Both are 'transfer' reactions, but they transfer different things. Acid-base reactions transfer protons (H⁺), and oxidation states don't change. Redox reactions transfer electrons, and oxidation states do change. That's your diagnostic test on the exam. Track oxidation numbers: if none change, it's not redox, even if the reaction looks dramatic. Some species (like dichromate, Cr₂O₇²⁻) show up in both contexts, so always check what's actually being transferred.
A redox reaction is defined by electron transfer, which you detect by a change in oxidation states between reactants and products.
Every redox reaction is the sum of an oxidation half-reaction (electrons as products) and a reduction half-reaction (electrons as reactants), and electrons lost must equal electrons gained.
OIL RIG: Oxidation Is Loss of electrons, Reduction Is Gain of electrons, and the two always occur together.
In Unit 9, a positive standard cell potential means the redox reaction is thermodynamically favored, and E° connects directly to ΔG°.
Under nonstandard conditions, cell potential depends on concentrations of the active species, and you justify changes using Q relative to K, not Le Châtelier's principle.
A thermodynamically unfavorable redox reaction can still be driven forward by external energy, which is exactly what happens in electrolysis and battery charging.
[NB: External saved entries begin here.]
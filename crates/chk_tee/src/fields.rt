//! The fields of messages: numbers, stems, offsets, keys and data at places, each with its fault
//! where it is wrong.

ghost use Rattle.std.specs.Prelude.{◌≡◌, ◌≤◌, ◌<◌, ◌+◌, ◌^◌, length, Some, None, IfOk, IfErr};
ghost use Rattle.chk_chunk.specs.Lent.{lent_key};
ghost use Rattle.chk_tee.specs.Faults.{short_wrong, trailing_wrong, stem_wrong, offset_wrong};
ghost use Rattle.chk_tee.specs.Faults.{key_wrong, value_wrong, from_whole, IsNear};
ghost use Rattle.chk_tee.specs.Fields.{IsNumberAt, IsStemAt, IsOffsetAt, IsKeyAt, IsValueAt};

use crate::TeeFault;
use chk_bytes::{Stem, take_u16, take_u32, take_u64};
use chk_chunk::{CHUNK_BYTES, ChunkFault, KeyRef, read_key};

// The number of 2, 4 or 8 bytes that stands at a place.
#[tactic(auto, unfolding(crate::specs::Faults::wrong_if))]
pub(crate) fn u16_at(bytes: &[u8], at: usize) -> Result<u16, TeeFault>
    ensures fault { IfErr result (λ fault. short_wrong at 2 bytes.now ≡ Some fault) }
    ensures value { IfOk result (λ n. IsNumberAt at 2 bytes.now n) }
{
    take_u16(bytes, at).ok_or(TeeFault::Short { at: at as u64 })
}

#[tactic(auto, unfolding(crate::specs::Faults::wrong_if))]
pub(crate) fn u32_at(bytes: &[u8], at: usize) -> Result<u32, TeeFault>
    ensures fault { IfErr result (λ fault. short_wrong at 4 bytes.now ≡ Some fault) }
    ensures value { IfOk result (λ n. IsNumberAt at 4 bytes.now n) }
{
    take_u32(bytes, at).ok_or(TeeFault::Short { at: at as u64 })
}

#[tactic(auto, unfolding(crate::specs::Faults::wrong_if))]
fn u64_at(bytes: &[u8], at: usize) -> Result<u64, TeeFault>
    ensures fault { IfErr result (λ fault. short_wrong at 8 bytes.now ≡ Some fault) }
    ensures value { IfOk result (λ n. IsNumberAt at 8 bytes.now n) }
{
    take_u64(bytes, at).ok_or(TeeFault::Short { at: at as u64 })
}

// Nothing stands at `at` or behind it.
#[tactic(auto, unfolding(crate::specs::Faults::wrong_if))]
pub(crate) fn end_at(bytes: &[u8], at: usize) -> Result<(), TeeFault>
    ensures fault { IfErr result (λ fault. trailing_wrong at bytes.now ≡ Some fault) }
    ensures last { IfOk result (λ _. trailing_wrong at bytes.now ≡ None) }
{
    if at < bytes.len() {
        return Err(TeeFault::Trailing { at: at as u64 });
    }
    Ok(())
}

// The stem whose length stands at `at`, and the place behind it.
#[tactic(auto, unfolding(crate::specs::Faults::stem_wrong, crate::specs::Faults::first_wrong, crate::specs::Faults::wrong_if))]
pub(crate) fn stem_at(bytes: &[u8], at: usize) -> Result<(Stem, usize), TeeFault>
    ensures fault { IfErr result (λ fault. stem_wrong at bytes.now ≡ Some fault) }
    ensures stem { IfOk result (λ found. IsStemAt at bytes.now found.0 found.1) }
{
    let size = usize::from(u16_at(bytes, at)?);
    if size == 0 || size > 104 {
        return Err(TeeFault::BadStem { at: at as u64 });
    }
    let from = at + 2;
    let end = from + size;
    if bytes.len() < end {
        return Err(TeeFault::Short { at: from as u64 });
    }
    match Stem::read(&bytes[from..end]) {
        Some(stem) => Ok((stem, end)),
        None => Err(TeeFault::BadStem { at: from as u64 }),
    }
}

// The offset that stands at `at`.
#[tactic(auto, unfolding(crate::specs::Faults::offset_wrong, crate::specs::Faults::first_wrong, crate::specs::Faults::wrong_if))]
pub(crate) fn offset_at(bytes: &[u8], at: usize) -> Result<u64, TeeFault>
    ensures fault { IfErr result (λ fault. offset_wrong at bytes.now ≡ Some fault) }
    ensures offset { IfOk result (λ offset. IsOffsetAt at bytes.now offset) }
{
    let offset = u64_at(bytes, at)?;
    if offset == 0 || offset >= 1 << 63 {
        return Err(TeeFault::BadOffset { at: at as u64 });
    }
    Ok(offset)
}

// The key whose length stands at `at`, and the place behind it.
#[tactic(auto, unfolding(crate::specs::Faults::key_wrong, crate::specs::Faults::first_wrong, crate::specs::Faults::wrong_if))]
pub(crate) fn key_at(bytes: &[u8], at: usize) -> Result<(KeyRef<'_>, usize), TeeFault>
    ensures fault { IfErr result (λ fault. key_wrong at bytes.now ≡ Some fault) }
    ensures key { IfOk result (λ found. IsKeyAt at bytes.now (lent_key found.0) found.1) }
{
    let size = u32_at(bytes, at)? as usize;
    let from = at + 4;
    let end = from + size;
    if bytes.len() < end {
        return Err(TeeFault::Short { at: from as u64 });
    }
    match read_key(&bytes[from..end]) {
        Ok(key) => Ok((key, end)),
        Err(fault) => Err(TeeFault::BadChunk {
            fault: from_whole(fault, from as u64),
        }),
    }
}

// The fault of a key that begins at `from`, its place counted from the first byte of the whole.
fn from_whole(fault: ChunkFault, from: u64) -> ChunkFault
    requires from { from < 2 ^ 63 }
    requires near { IsNear fault }
    ensures { result ≡ from_whole from fault }
{
    match fault {
        ChunkFault::Short { at } => ChunkFault::Short { at: from + at },
        ChunkFault::NotUtf8 { at } => ChunkFault::NotUtf8 { at: from + at },
        ChunkFault::Empty { at } => ChunkFault::Empty { at: from + at },
        ChunkFault::Trailing { at } => ChunkFault::Trailing { at: from + at },
        ChunkFault::NotWord { at } => ChunkFault::NotWord { at: from + at },
        _ => fault,
    }
}

// The data whose length stands at `at`, of a chunk with this key, and the place behind it.
#[tactic(auto, unfolding(crate::specs::Faults::value_wrong, crate::specs::Faults::first_wrong, crate::specs::Faults::wrong_if))]
pub(crate) fn value_at<'a>(
    bytes: &'a [u8],
    at: usize,
    key: &KeyRef<'_>,
) -> Result<(&'a [u8], usize), TeeFault>
    requires { key.now.start < 2 ^ 63 }
    ensures fault { IfErr result (λ fault. value_wrong (lent_key key.now) at bytes.now ≡ Some fault) }
    ensures value { IfOk result (λ found. IsValueAt (lent_key key.now) at bytes.now found.0.now found.1) }
{
    let size = u32_at(bytes, at)?;
    if size == 0 {
        return Err(TeeFault::BadChunk {
            fault: ChunkFault::Empty { at: at as u64 },
        });
    }
    let len = u64::from(size);
    if len > CHUNK_BYTES {
        return Err(TeeFault::BadChunk {
            fault: ChunkFault::TooLong {
                limit: CHUNK_BYTES,
                found: len,
            },
        });
    }
    if key.seq < key.start + len {
        return Err(TeeFault::BadChunk {
            fault: ChunkFault::BeforeStart { seq: key.seq, len },
        });
    }
    let from = at + 4;
    let end = from + size as usize;
    if bytes.len() < end {
        return Err(TeeFault::Short { at: from as u64 });
    }
    Ok((&bytes[from..end], end))
}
A redox reaction is a chemical change where electrons transfer between species, changing their oxidation states. It consists of an oxidation half-reaction (electron loss) and a reduction half-reaction (electron gain), covered in Topic 4.9 and used throughout Unit 9 electrochemistry.
No. Electrons that one species loses must go somewhere, so another species must gain them. Oxidation and reduction always occur together, which is why the balanced equation requires electrons lost to exactly equal electrons gained.
Redox transfers electrons and changes oxidation states; acid-base transfers protons (H⁺) and leaves oxidation states unchanged. To tell them apart on the exam, assign oxidation numbers. If nothing changes, it's not redox.
Yes, two ways. Under nonstandard conditions, concentration changes can shift the cell potential positive (Topic 9.10), and an external energy source like applied voltage can force the reaction forward, which is exactly how an electrolytic cell works (9.7.A.1).
Split the reaction into oxidation and reduction half-reactions, balance atoms and charge in each (adding H₂O, H⁺, and electrons in acidic solution), multiply so electrons cancel, then add the halves together. This is the method LO 4.9.A expects.